• _EXERCISE BRIEF_
Go through the data and copy each line where the word "these" shows up.

• _DATA FOR THE TASK_

↓↓↓

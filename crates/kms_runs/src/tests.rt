// Bytes in, bytes out: requests and replies from outside, and that a run succeeds where memory is ample.
mod init;
mod keys;
mod payloads;
mod reading;
mod status;
mod store;

use crate::row::{Row, ran};
use kms_host::{Count, MemoryHost, NoMemory};
use kms_serve::Status;
use std::alloc::{AllocError, Global};
use std::rt::HostRuntime;
use std::test::Fail;

const POST: &[u8] =
    b"POST /v1/secrets HTTP/1.1\r\nX-Project-Id: p1\r\nX-User-Id: u1\r\nX-Roles: creator\r\nContent-Type: application/json\r\nContent-Length: 12\r\n\r\n{\"name\":\"a\"}";

const CREATED: &[u8] =
    b"HTTP/1.1 201 Created\r\nDate: Sat, 26 Oct 1985 08:20:00 GMT\r\nContent-Type: application/json\r\nContent-Length: 73\r\n\r\n{\"secret_ref\":\"http://k/v1/secrets/01234567-89ab-8cde-8000-000000000000\"}";

const GET: &[u8] =
    b"GET /v1/secrets/01234567-89ab-8cde-8000-000000000000 HTTP/1.1\r\nX-Project-Id: p1\r\nX-User-Id: u1\r\nX-Roles: creator\r\n\r\n";

const SHOWN: &[u8] =
    b"HTTP/1.1 200 OK\r\nDate: Sat, 26 Oct 1985 08:20:00 GMT\r\nContent-Type: application/json\r\nContent-Length: 272\r\n\r\n{\"algorithm\":null,\"bit_length\":null,\"created\":\"1985-10-26T08:20:00\",\"creator_id\":\"u1\",\"expiration\":null,\"mode\":null,\"name\":\"a\",\"secret_ref\":\"http://k/v1/secrets/01234567-89ab-8cde-8000-000000000000\",\"secret_type\":\"opaque\",\"status\":\"ACTIVE\",\"updated\":\"1985-10-26T08:20:00\"}";

const GET_SECOND: &[u8] =
    b"GET /v1/secrets/01234567-89ab-8cde-8000-000000000001 HTTP/1.1\r\nX-Project-Id: p1\r\nX-User-Id: u1\r\nX-Roles: creator\r\n\r\n";

const ABSENT: &[u8] =
    b"HTTP/1.1 404 Not Found\r\nDate: Sat, 26 Oct 1985 08:20:00 GMT\r\nContent-Type: application/json\r\nContent-Length: 57\r\n\r\n{\"code\":404,\"description\":\"NoObject\",\"title\":\"Not Found\"}";

const WORDS: [&str; 7] = [
    "pipe",
    "--store",
    "s",
    "--keys",
    "k",
    "--endpoint",
    "http://k/v1",
];

const EMPTY: &[u8] = b"";

// The key file of 32 bytes, which count from 0.
const KEYS: &[u8] = b"AAECAwQFBgcICQoLDA0ODxAREhMUFRYXGBkaGxwdHh8=\n";

// A run of these words over a store whose file 0 is this.
fn over<'a>(words: &'a [&'a str], file: &'a [u8], line: &'a [u8], piece: usize) -> Row<'a> {
    Row {
        words,
        keys: Some(KEYS),
        file_0: file,
        file_1: EMPTY,
        line,
        piece,
        fault: None,
        passing: None,
    }
}

// A run that serves the store of this file 0.
fn serving<'a>(file: &'a [u8], line: &'a [u8], piece: usize) -> Row<'a> {
    over(&WORDS, file, line, piece)
}

fn joined(alloc: Global, parts: &[&[u8]]) -> Result<Vec<u8>, AllocError> {
    let mut whole = Vec::new(alloc);
    for part in parts {
        whole.extend_from_slice(*part)?;
    }
    Ok(whole)
}

// Whether this was sent, with no call that was out of memory.
fn sends(host: &MemoryHost, sent: &[u8]) -> bool {
    host.sent(0) == sent && host.wanted() == 0
}

// Whether a run over a fresh store, whose line brings these bytes in pieces, and fails at the given call where there is one,
// ends so, having sent this.
fn serves(
    alloc: Global,
    bytes: &[u8],
    piece: usize,
    fails: Option<u64>,
    status: Status,
    sent: &[u8],
) -> Result<bool, NoMemory> {
    let mut row = serving(&init::FRESH, bytes, piece);
    if let Some(nth) = fails {
        row.fault = Some((Count::Link, nth));
    }
    let (ended, host) = ran(alloc, row)?;
    Ok(ended == status && sends(&host, sent))
}

#[test]
fn secrets_are_made_and_shown(rt: HostRuntime) -> Result<(), Fail> {
    let alloc = rt.alloc();
    let requests = joined(alloc, &[GET, POST, GET, GET_SECOND])?;
    let replies = joined(alloc, &[ABSENT, CREATED, SHOWN, ABSENT])?;
    assert!(rt; serves(alloc, b"", 1, None, Status::Done, b"")?);
    assert!(rt; serves(alloc, POST, 200, None, Status::Done, CREATED)?);
    assert!(rt; serves(alloc, &requests, 1, None, Status::Done, &replies)?);
    assert!(rt; serves(alloc, &requests, 65536, None, Status::Done, &replies)?);
    Ok(())
}

#[test]
fn streams_end_inside_messages(rt: HostRuntime) -> Result<(), Fail> {
    let alloc = rt.alloc();
    let cut = joined(alloc, &[POST, &POST[..137]])?;
    assert!(rt; serves(alloc, b"HELLO", 2, None, Status::Rest(0), b"")?);
    assert!(rt; serves(alloc, &cut, 1, None, Status::Rest(144), CREATED)?);
    assert!(rt; serves(alloc, &cut, 100, None, Status::Rest(144), CREATED)?);
    Ok(())
}

#[test]
fn a_line_fails(rt: HostRuntime) -> Result<(), Fail> {
    let alloc = rt.alloc();
    let twice = joined(alloc, &[POST, POST])?;
    assert!(rt; serves(alloc, POST, 144, Some(1), Status::LinkFault, b"")?);
    assert!(rt; serves(alloc, POST, 144, Some(2), Status::LinkFault, b"")?);
    assert!(rt; serves(alloc, &twice, 144, Some(3), Status::LinkFault, CREATED)?);
    Ok(())
}

// Whether these words are not understood, and nothing is sent.
fn refuses<'a>(alloc: Global, words: &'a [&'a str]) -> Result<bool, NoMemory> {
    let (ended, host) = ran(alloc, over(words, &init::FRESH, POST, 144))?;
    Ok(ended == Status::Words && host.sent(0).is_empty())
}

#[test]
fn words_are_exact(rt: HostRuntime) -> Result<(), Fail> {
    let alloc = rt.alloc();
    let dash = ["pipe", "--store", "s", "--keys", "-k", "--endpoint", "e"];
    assert!(rt; refuses(alloc, &WORDS[..6])?);
    assert!(rt; refuses(alloc, &dash)?);
    Ok(())
}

↑↑↑

• _ANSWER SPACE_
// A run of these words over a store whose file 0 is this.
// Whether a run over a fresh store, whose line brings these bytes in pieces, and fails at the given call where there is one,
// Whether these words are not understood, and nothing is sent.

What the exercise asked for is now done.